Зато дядька Макар, артельный старшина, всяких видов навидался. Было, ходил даточным человеком с царским войском Нарву брать, где сперва, как крепость обстреливали, пушкарям пособлял, а после, как в город вошли, помогал на посаде пожары тушить. Да и допрежь того, после взятия Казани, случилось ему быть в Москве, когда там великий пожар бушевал. Посему на мертвецов, хошь горелых, хошь ядрами пушечными в клочья рваных, старый Макар смотреть привык и взгляда, коли надобно было, от них не отводил. Приметил, конечно, что Степану на кости людские глядеть тошно, по спине его этак ласково похлопал и сказал:
— Небось, Степанушко, все там будем. Люди добрые были, грешили в меру, так что им ныне, поди, легче нашего-то. А что видом страшны, то не беда. Нас не укусят, а Господу всё едино, в каком виде людишки к райским вратам прибыли — чай, не по своей воле человечий облик утратили…
И пошёл, кашляя от дыму и кряхтя от натуги, в который уж раз пересказывать про Нарву — как в Великий пост в Иван-городе нельзя было в церковь попасть, потому как ливонские рыцари с Ругодивских стен, нами же некогда и возведённых, через Нарову-речку богомольцев, яко селезней, из луков били; как пришёл наконец долгожданный царёв указ и как по указу тому рявкнули союзно русские пушки, засыпав неприятеля сперва каменными, а после и огненными ядрами… Говорил, как полыхала Нарва, как в дыму да пламени рубились отчаянно с немецкими кнехтами, как знатный пушкарь Андрейка Чохов, переплыв реку, выстрелом из захваченного неприятельского орудия пробил замковые ворота, открыв путь православному воинству…
Он бы и далее говорил, перечисляя дивные для русского уха чужеземные названия — Нейшлос, Тольсбург, Дерпт, да тут среди головешек и оплавленных, обгорелых остатков домашней утвари начали попадаться мечи, сабли, шестопёры, наконечники копий и иное оружие, и говорливый Макар умолк, сообразив, что докопались до барской опочивальни.
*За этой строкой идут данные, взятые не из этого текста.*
//! `dmap_stream`: bytes with their events and ends.

ghost use Rattle.std.specs.Prelude.{◌≡◌, ◌<◌, ◌≤◌, ◌+◌, ◌^◌, IfOk, MatchResult, None, Some, length};
ghost use Rattle.dmap_stream.specs.Reader.{taken};

use crate::tables::standard;
use code_table::CodeTable;
use dmap_stream::{DmapReader, Event, Limits, StreamError, WriteError, read_tag, write_tag};
use dmap_tags::{Tag, encode_into};
use outside_net::MemSink;
use std::alloc::{AllocError, Global};
use std::test::Fail;

/// The events of a reader, how many bytes it buffered at the end, and the error that stopped it or that the end
/// returned.
#[derive(Drop)]
struct Reading {
    events: Vec<Event>,
    held: u64,
    error: Option<StreamError>,
}

fn limits() -> Limits {
    Limits { top: 1_073_741_824 }
}

/// Takes the events that are ready.
fn take_ready(reader: &mut DmapReader, events: &mut Vec<Event>) -> Result<(), AllocError>
    ensures count { taken reader.new ≡ taken reader.old }
    ensures error { reader.new.error ≡ reader.old.error }
{
    for _ in 0..40 {
        match reader.next() {
            Some(event) => events.push(event)?,
            None => return Ok(()),
        }
    }
    Ok(())
}

/// Returns a reader of the standard table.
fn new_reader(alloc: Global) -> Result<DmapReader, AllocError>
    ensures error { IfOk result (λ reader. reader.error ≡ None) }
    ensures count { IfOk result (λ reader. taken reader ≡ 0) }
{
    DmapReader::new(alloc, &standard(alloc)?, limits())
}

/// Feeds a chunk. Of the contract of `feed` a test's proof needs only the counts.
fn fed(reader: &mut DmapReader, piece: &[u8]) -> Result<usize, StreamError>
    requires { reader.old.error ≡ None → taken reader.old + length piece.now < 2 ^ 64 }
    ensures error { MatchResult result (λ _. reader.new.error ≡ None)
        (λ e. reader.new.error ≡ Some e) }
    ensures within { IfOk result (λ n. n ≤ length piece.now) }
    ensures count { IfOk result (λ n. taken reader.new ≡ taken reader.old + n) }
{
    reader.feed(piece)
}

/// Returns the length of the next chunk, which is at most `left`.
fn piece_len(left: usize, size: usize) -> usize
    ensures { result ≤ left }
{
    size.min(left)
}

/// Returns the reading of a reader that an error stopped.
fn stopped(reader: DmapReader, events: Vec<Event>, error: StreamError) -> Reading {
    let held = reader.held();
    let error = Some(error);
    Reading {
        events,
        held,
        error,
    }
}

/// Returns the reading of a reader that was fed all bytes.
fn ended(reader: DmapReader, events: Vec<Event>) -> Reading {
    let held = reader.held();
    let error = reader.finish().err();
    Reading {
        events,
        held,
        error,
    }
}

/// Reads bytes in chunks of at most `size` bytes.
fn read(alloc: Global, bytes: &[u8], size: usize) -> Result<Reading, Fail> {
    let mut reader = new_reader(alloc)?;
    let mut events = Vec::new(alloc);
    let mut rest = bytes;
    for _ in 0..300 {
        let (piece, _) = rest.split_at(piece_len(rest.len(), size));
        match fed(&mut reader, piece) {
            Ok(taken) => {
                let (_, later) = rest.split_at(taken);
                rest = later;
            }
            Err(error) => {
                take_ready(&mut reader, &mut events)?;
                return Ok(stopped(reader, events, error));
            }
        }
        take_ready(&mut reader, &mut events)?;
    }
    if !rest.is_empty() {
        return Err(Fail::new("the reader was not fed all"));
    }
    Ok(ended(reader, events))
}

/// The sizes of chunks in which bytes are read.
const SIZES: [usize; 3] = [1, 3, 100];

/// Bytes with their events and the error, as they are shown.
const READINGS: [(&[u8], &str); 8] = [
    (
        b"mlcl\0\0\0\x10mlit\0\0\0\x08mlit\0\0\0\0",
        "[Open { code: Code([109, 108, 99, 108]), len: 16, at: 0 }, Open { code: Code([109, 108, 105, 116]), len: 8, at: 8 }, Open { code: Code([109, 108, 105, 116]), len: 0, at: 16 }, Close { code: Code([109, 108, 105, 116]), at: 16 }, Close { code: Code([109, 108, 105, 116]), at: 8 }, Close { code: Code([109, 108, 99, 108]), at: 0 }] None",
    ),
    (
        b"mlog\0\0\0\0mstt\0\0\0\x04\0\0\0\xc8",
        "[Open { code: Code([109, 108, 111, 103]), len: 0, at: 0 }, Close { code: Code([109, 108, 111, 103]), at: 0 }, Leaf { code: Code([109, 115, 116, 116]), value: U32(200), at: 8 }] None",
    ),
    (b"", "[] None"),
    (
        b"mlcl\0\0\0\x0bmiid\0\0\0\x04\0\0\0",
        "[Open { code: Code([109, 108, 99, 108]), len: 11, at: 0 }] Some(Overrun { at: 8, code: Code([109, 105, 105, 100]) })",
    ),
    (
        b"mlcl\0\0\0\x13miid\0\0\0\x04\0\0\0\x01\0\0\0\0\0\0\0",
        "[Open { code: Code([109, 108, 99, 108]), len: 19, at: 0 }, Leaf { code: Code([109, 105, 105, 100]), value: U32(1), at: 8 }] Some(ShortHead { at: 20 })",
    ),
    (b"mlcl\xff\xff\xff\xff", "[] Some(TooLarge { at: 0 })"),
    (
        b"mlog\0\0\0\x18ms",
        "[Open { code: Code([109, 108, 111, 103]), len: 24, at: 0 }] Some(Truncated { at: 10 })",
    ),
    (
        b"mlog\0\0\0\0minm\x40\0\0\x01",
        "[Open { code: Code([109, 108, 111, 103]), len: 0, at: 0 }, Close { code: Code([109, 108, 111, 103]), at: 0 }] Some(TooLarge { at: 8 })",
    ),
];

/// Returns an error as it is shown.
fn shown(alloc: Global, error: &Option<StreamError>) -> Result<String, AllocError> {
    format!(in alloc; "{error:?}")
}

/// Returns the events and the error as they are shown.
fn transcript(alloc: Global, reading: &Reading) -> Result<String, AllocError> {
    let events = reading.events.as_slice();
    let error = &reading.error;
    format!(in alloc; "{events:?} {error:?}")
}

/// Returns whether bytes in chunks of each size are read as this.
fn are_read(alloc: Global, bytes: &[u8], wanted: &str, sizes: &[usize]) -> Result<bool, Fail> {
    for size in sizes {
        let reading = read(alloc, bytes, *size)?;
        if transcript(alloc, &reading)?.as_str() != wanted {
            return Ok(false);
        }
    }
    Ok(true)
}

#[test]
fn events_come_in_order_and_before_the_error(rt: HostRuntime) -> Result<(), Fail> {
    for (bytes, wanted) in &READINGS {
        assert!(rt; are_read(rt.alloc(), bytes, wanted, &SIZES)?, "{wanted}");
    }
    Ok(())
}

/// Bytes that end too early, with the number of buffered bytes.
const UNFINISHED: [(&[u8], u64); 3] = [
    (b"minm\x3f\xff\xff\xffabc", 3),
    (b"minm\x3f\xff\xff", 0),
    (b"mlit\0\0\0\x20minm\0\0\0\x08abcd", 4),
];

/// Returns whether `held` bytes are buffered when bytes in chunks of each size end.
fn are_held(alloc: Global, bytes: &[u8], held: u64, sizes: &[usize]) -> Result<bool, Fail> {
    for size in sizes {
        let reading = read(alloc, bytes, *size)?;
        if reading.held != held {
            return Ok(false);
        }
    }
    Ok(true)
}

#[test]
fn what_is_held_came_since_the_head_of_a_leaf(rt: HostRuntime) -> Result<(), Fail> {
    for (bytes, held) in &UNFINISHED {
        assert!(rt; are_held(rt.alloc(), bytes, *held, &SIZES)?, "{bytes:?}");
    }
    Ok(())
}

/// A call of `feed`: how many bytes it takes, and how many the reader buffers afterwards.
type Call = (usize, u64);

/// Bytes with the size of a chunk, and with the calls of `feed` that take all of them. Each call has a chunk of what is
/// left, and takes none of it after the byte that makes an event ready.
const CALLS: [(&[u8], usize, &[Call]); 4] = [
    (
        b"mstt\0\0\0\x04\0\0\0\xc8mlog\0\0\0\0mst",
        100,
        &[(12, 0), (8, 0), (3, 0)],
    ),
    (
        b"mlcl\0\0\0\x14mlit\0\0\0\x0cmiid\0\0\0\x04\0\0\0\x01mlog\0\0\0\0",
        100,
        &[(8, 0), (8, 0), (12, 0), (8, 0)],
    ),
    (
        b"mstt\0\0\0\x04\0\0\0\xc8mlog\0\0\0\0mst",
        5,
        &[(5, 0), (5, 2), (2, 0), (5, 0), (3, 0), (3, 0)],
    ),
    (
        b"minm\0\0\0\x09Hey Judes\0\0\0",
        11,
        &[(11, 3), (6, 0), (3, 0)],
    ),
];

/// Returns how many bytes the reader buffers, without the clauses of `held`.
fn held(reader: &DmapReader) -> u64 {
    reader.held()
}

/// Returns whether these calls take all bytes in chunks of at most `size`, if the events are taken after each.
fn are_taken(alloc: Global, bytes: &[u8], size: usize, calls: &[Call]) -> Result<bool, Fail> {
    let mut reader = new_reader(alloc)?;
    let mut events = Vec::new(alloc);
    let mut rest = bytes;
    for (count, buffered) in calls {
        let (piece, _) = rest.split_at(piece_len(rest.len(), size));
        let taken = fed(&mut reader, piece)?;
        if taken != *count || held(&reader) != *buffered {
            return Ok(false);
        }
        let (_, later) = rest.split_at(taken);
        rest = later;
        take_ready(&mut reader, &mut events)?;
    }
    Ok(rest.is_empty())
}

#[test]
fn no_byte_is_taken_after_an_event(rt: HostRuntime) -> Result<(), Fail> {
    for (bytes, size, calls) in &CALLS {
        assert!(rt; are_taken(rt.alloc(), bytes, *size, calls)?, "{bytes:?}");
    }
    Ok(())
}

/// Returns the bytes of `levels` lists, each in the one before.
fn nested(alloc: Global, levels: u8) -> Result<Vec<u8>, AllocError> {
    let mut bytes = Vec::new(alloc);
    for inner in (0..levels).rev() {
        bytes.extend_from_slice(b"mcon")?;
        bytes.extend_from_slice(&(u32::from(inner) * 8).to_be_bytes())?;
    }
    Ok(bytes)
}

/// Returns whether `levels` lists and then these bytes have this error.
fn nests(alloc: Global, levels: u8, behind: &[u8], error: &str) -> Result<bool, Fail> {
    let mut bytes = nested(alloc, levels)?;
    bytes.extend_from_slice(behind)?;
    let reading = read(alloc, bytes.as_slice(), 100)?;
    Ok(shown(alloc, &reading.error)?.as_str() == error)
}

#[test]
fn tags_nest_to_32_levels(rt: HostRuntime) -> Result<(), Fail> {
    assert!(rt; nests(rt.alloc(), 32, b"", "None")?);
    assert!(rt; nests(rt.alloc(), 33, b"\0", "Some(TooDeep { at: 256 })")?);
    Ok(())
}

/// Bytes with the length of their first tag.
const FIRST_TAGS: [(&[u8], usize); 4] = [
    (b"mstt\0\0\0\x04\0\0\0\xc8", 12),
    (b"minm\0\0\0\x01\xffmst", 9),
    (b"mlog\0\0\0\0mlcl\xff\xff\xff\xff", 8),
    (b"mlcl\0\0\0\x10mlit\0\0\0\x08mlit\0\0\0\0mlog", 24),
];

/// Returns the tag at the start of bytes, and its length.
fn first_tag(alloc: Global, table: &CodeTable, bytes: &[u8]) -> Result<(Tag, usize), StreamError> {
    read_tag(alloc, bytes, table, limits())
}

/// Returns whether bytes begin with a tag of this length, whose encoding they are.
fn begins_with_tag(
    alloc: Global,
    table: &CodeTable,
    bytes: &[u8],
    len: usize,
) -> Result<bool, Fail> {
    let (tag, read) = first_tag(alloc, table, bytes)?;
    let mut encoding = Vec::new(alloc);
    encode_into(&tag, &mut encoding)?;
    Ok(read == len && encoding.len() == len && bytes.starts_with(encoding.as_slice()))
}

#[test]
fn the_first_tag_is_read_whole(rt: HostRuntime) -> Result<(), Fail> {
    let table = standard(rt.alloc())?;
    for (bytes, len) in &FIRST_TAGS {
        assert!(rt; begins_with_tag(rt.alloc(), &table, bytes, *len)?);
    }
    Ok(())
}

/// Returns whether no tag is read and the error is this.
fn refuses(
    alloc: Global,
    table: &CodeTable,
    bytes: &[u8],
    error: &str,
) -> Result<bool, AllocError> {
    let told = shown(alloc, &first_tag(alloc, table, bytes).err())?;
    Ok(told.as_str() == error)
}

#[test]
fn a_malformed_tag_is_refused(rt: HostRuntime) -> Result<(), Fail> {
    let table = standard(rt.alloc())?;
    assert!(rt; refuses(rt.alloc(), &table, b"", "Some(Truncated { at: 0 })")?);
    assert!(rt;
        refuses(
            rt.alloc(),
            &table,
            b"mlcl\xff\xff\xff\xff",
            "Some(TooLarge { at: 0 })"
        )?
    );
    Ok(())
}

/// Returns whether writing the tag to a sink writes these bytes.
fn writes(
    alloc: Global,
    tag: &Tag,
    failing: &[u64],
    answer: Result<(), WriteError>,
    bytes: &[u8],
) -> Result<bool, AllocError> {
    let mut sink = MemSink::new(alloc, 100, 4, failing)?;
    let is_so = write_tag(alloc, tag, &mut sink) == answer;
    Ok(is_so && sink.taken() == bytes)
}

#[test]
fn a_tag_is_written_as_it_was_read(rt: HostRuntime) -> Result<(), Fail> {
    let alloc = rt.alloc();
    let (tag, _) = first_tag(alloc, &standard(alloc)?, b"minm\0\0\0\x01\xff")?;
    assert!(rt; writes(alloc, &tag, &[], Ok(()), b"minm\0\0\0\x01\xff")?);
    assert!(rt;
        writes(
            alloc,
            &tag,
            &[3],
            Err(WriteError::Failed),
            b"minm\0\0\0\x01"
        )?
    );
    Ok(())
}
Вскорости опять наткнулись на обгорелый человеческий костяк и по оплавленному колечку с голубым камнем на пальце опознали Андрея Савельевича. В руке, на коей было то колечко, мёртвый держал сизую от жара саблю с обугленной рукояткой, из чего стало понятно, что татя барин встретил, как положено старому воину. Крестясь и тяжко вздыхая, едва не по одной вынули косточки из горячих угольев, снесли в сторону, где опять завыли в голос дуры бабы, и сложили аккуратно на чистой рогожке. Тут, как на грех, случилась новая беда: шарили-шарили в угольях, а головы-то и не сыскали.
Старый Макар зачем-то стал подле рогожи на колени и при угасающем дневном свете внимательно осмотрел то, что осталось от доброго барина Андрея Савельевича. После подозвал к себе артельщиков и корявым, как сучок, чёрным от сажи пальцем указал на одну косточку.
— То шея, — сказал. — Вишь, какова оказия? Косточка-то шейная не цела, пополам перерублена. Ась?..
Степан пригляделся. И верно, позвонок, что бережно держал заскорузлыми пальцами Макар, был чисто, без задоринки, без осколка перерублен надвое. Этак чисто кость разрубить не всякому мяснику по плечу. Ну, мясник иль не мясник, а ясно было одно: сгорел барин не живьём, а допрежь того, как сгореть, головы лишился.